Cependant le désenchantement n’est jamais, chez Sorrente, qu’un moment de l’expérience ; une syncope dans le rythme. Un blanc. Contre cela, qui risquerait d’être au fond une manière de s’enfermer dans une appréciation définitive et unidimensionnelle du réel, rassurante en un sens parce qu’elle donnerait une explication – fût-elle pessimiste – du monde, la poésie de Sorrente dresse la figure du désordre qui sauve, et qui sauve de l’enfermement, qui choisit au contraire de privilégier l’ouverture, le discontinu, l’inattendu, l’inchoatif, parfois l’insouciance, l’humour, comme autant de réponses impertinentes aux voix compassées et sinistres de la mélancolie.
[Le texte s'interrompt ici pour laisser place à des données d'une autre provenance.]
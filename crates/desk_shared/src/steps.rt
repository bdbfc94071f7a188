//! What one pass does while it has the turn.
ghost use Rattle.std.specs.Prelude.{◌≡◌, [], ◌∷◌, true, None};
ghost use Rattle.desk_shared.specs.Passes.{ExtendsSeen};
ghost use Rattle.desk_shared.specs.Turns.{shown, IsSized, IsResting, HasTurn, IsSameSeat, IsDeskSeen, IsNextDesk, posed, since};
ghost use Rattle.desk_shared.specs.declared.board.Stage.TheVariants.{Making, Idle, Holding};

use crate::board::{Place, Rows};
use crate::plays::{Free, Grow, Reach, Win};
use desk_core::Desk;
use std::sync::Wait;

// Waits for the turn, and takes the desk.
pub(crate) fn win<R: Wait>(rt: &R, top: &Rows, place: &mut Place) -> Desk
    requires table { (place.old.table_id ≡ top.now.table_id) × IsSized top.now.table_id }
    requires ready { IsResting place.old }
    ensures seat { IsSameSeat place.old place.new }
    ensures found { ExtendsSeen (shown place.old.me.0) place.new.me.0.made }
    ensures won { place.new.me ≡ (posed place.old.me.0 Holding place.new.me.0.made, (0, None) ∷ []) }
    ensures desk { IsDeskSeen place.new.me.0 result }
{
    for _ in rt.forever() {
        if top.compare_exchange::<Win>(place, 1, 0, 1) == 0 {
            return top.exchange(place, 0, None).unwrap();
        }
        top.park(rt, 1, 1);
    }
    unreachable!()
}

// The first pass takes the empty slot.
pub(crate) fn reach(top: &Rows, place: &mut Place)
    requires table { (place.old.table_id ≡ top.now.table_id) × IsSized top.now.table_id }
    requires ready { (place.old.me.1 ≡ []) × (place.old.me.0.live ≡ true) × (place.old.me.0.stage ≡ Making) }
    ensures seat { IsSameSeat place.old place.new }
    ensures took { place.new.me ≡ (posed place.old.me.0 Holding place.old.me.0.made, (0, None) ∷ []) }
{
    top.load::<Reach>(place, 1);
}

// Puts the desk back as it was, and gives the turn up.
pub(crate) fn free(top: &Rows, place: &mut Place, desk: Desk)
    requires table { (place.old.table_id ≡ top.now.table_id) × IsSized top.now.table_id }
    requires ready { HasTurn place.old × IsDeskSeen place.old.me.0 desk }
    ensures seat { IsSameSeat place.old place.new }
    ensures freed { place.new.me ≡ (posed place.old.me.0 Idle place.old.me.0.made, []) }
{
    drop(top.exchange(place, 0, Some(desk)));
    top.store::<Free>(place, 1, 0);
    top.wake_one(1);
}

// Puts the desk back with one entry more, counts it, wakes those who wait for that, and gives the turn up.
pub(crate) fn grow(top: &Rows, place: &mut Place, desk: Desk)
    requires table { (place.old.table_id ≡ top.now.table_id) × IsSized top.now.table_id }
    requires ready { HasTurn place.old × IsNextDesk place.old.me.0 desk }
    ensures seat { IsSameSeat place.old place.new }
    ensures grown { place.new.me ≡ (posed place.old.me.0 Idle (since place.old.me.0.start desk), []) }
{
    drop(top.exchange(place, 0, Some(desk)));
    top.fetch_add::<Grow>(place, 0, 1);
    top.wake_all(0);
    top.store::<Free>(place, 1, 0);
    top.wake_one(1);
}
C’est sa manière de dire non aux forces négatives.

L’image oppose à la lourdeur morose d’un temps sans doute illusoire, sa légèreté iconoclaste. Elle a par exemple cet art de mêler poétiquement le quotidien le plus trivial, ou banal, aux figures sacrées comme aux inquiétudes métaphysiques. Sous son pouvoir, " Qo marche [maintenant] à l’estime dans le pays des escaliers ". Que s’élève " l’alouette polyglotte du cœur ", que " s’inventent/des plaisirs pique-assiette ", et la pesanteur de vivre et la plainte qui l’accompagnent sont déboutées. Et tenu à distance le Livre saint.

Et l’on comprend que vient un temps autre – celui du poème – où " l’oraculaire n’est plus de saison ". Ce temps, je crois, est le nôtre : il s’agit d’inventer jour après jour la parole qui témoignera de notre être au monde, révélant " quel champ [est] accessible ". Lequel mérite d’être exploré. Et duquel il faudra faire sa ligne de mire sous peine de vouer notre séjour " à la dispersion ".

Christian Guez, nous dit Sorrente au début de sa postface, lui avait enseigné qu’il peut y avoir " un désordre créatif ". Position quasi nietzschéenne (et qui parfois, elle aussi, " joue de bons tours à la folie "). C’est ce sentiment que donne ce dernier livre, comme du reste tous ceux qui l’ont précédé : il s’agit bien pour Sorrente de poursuivre, avec le risque reconnu, et assumé, de créer de l’étrangeté, la musique dont il rêve et dont il dit que souvent elle le toise, bel écho au fraternel " La musique savante manque à nos désirs " ; il s’agit bien, donc, de dresser depuis l’expérience d’un désordre programmatique, une juxtaposition d’images légères et autonomes, et dont la théorie, paradoxalement, désignera comme par défaut le lieu où habiter et d’où partager. Lieu précaire, fragile. Mais lieu de vérité et d’authenticité dressé contre tous les prophètes du malheur auxquels la pensée du malheur fait un abri dérisoire.

Une formule, bien belle, résume l’objectif :
" Je t’écrirai plein centre/avec le temps carillonné ".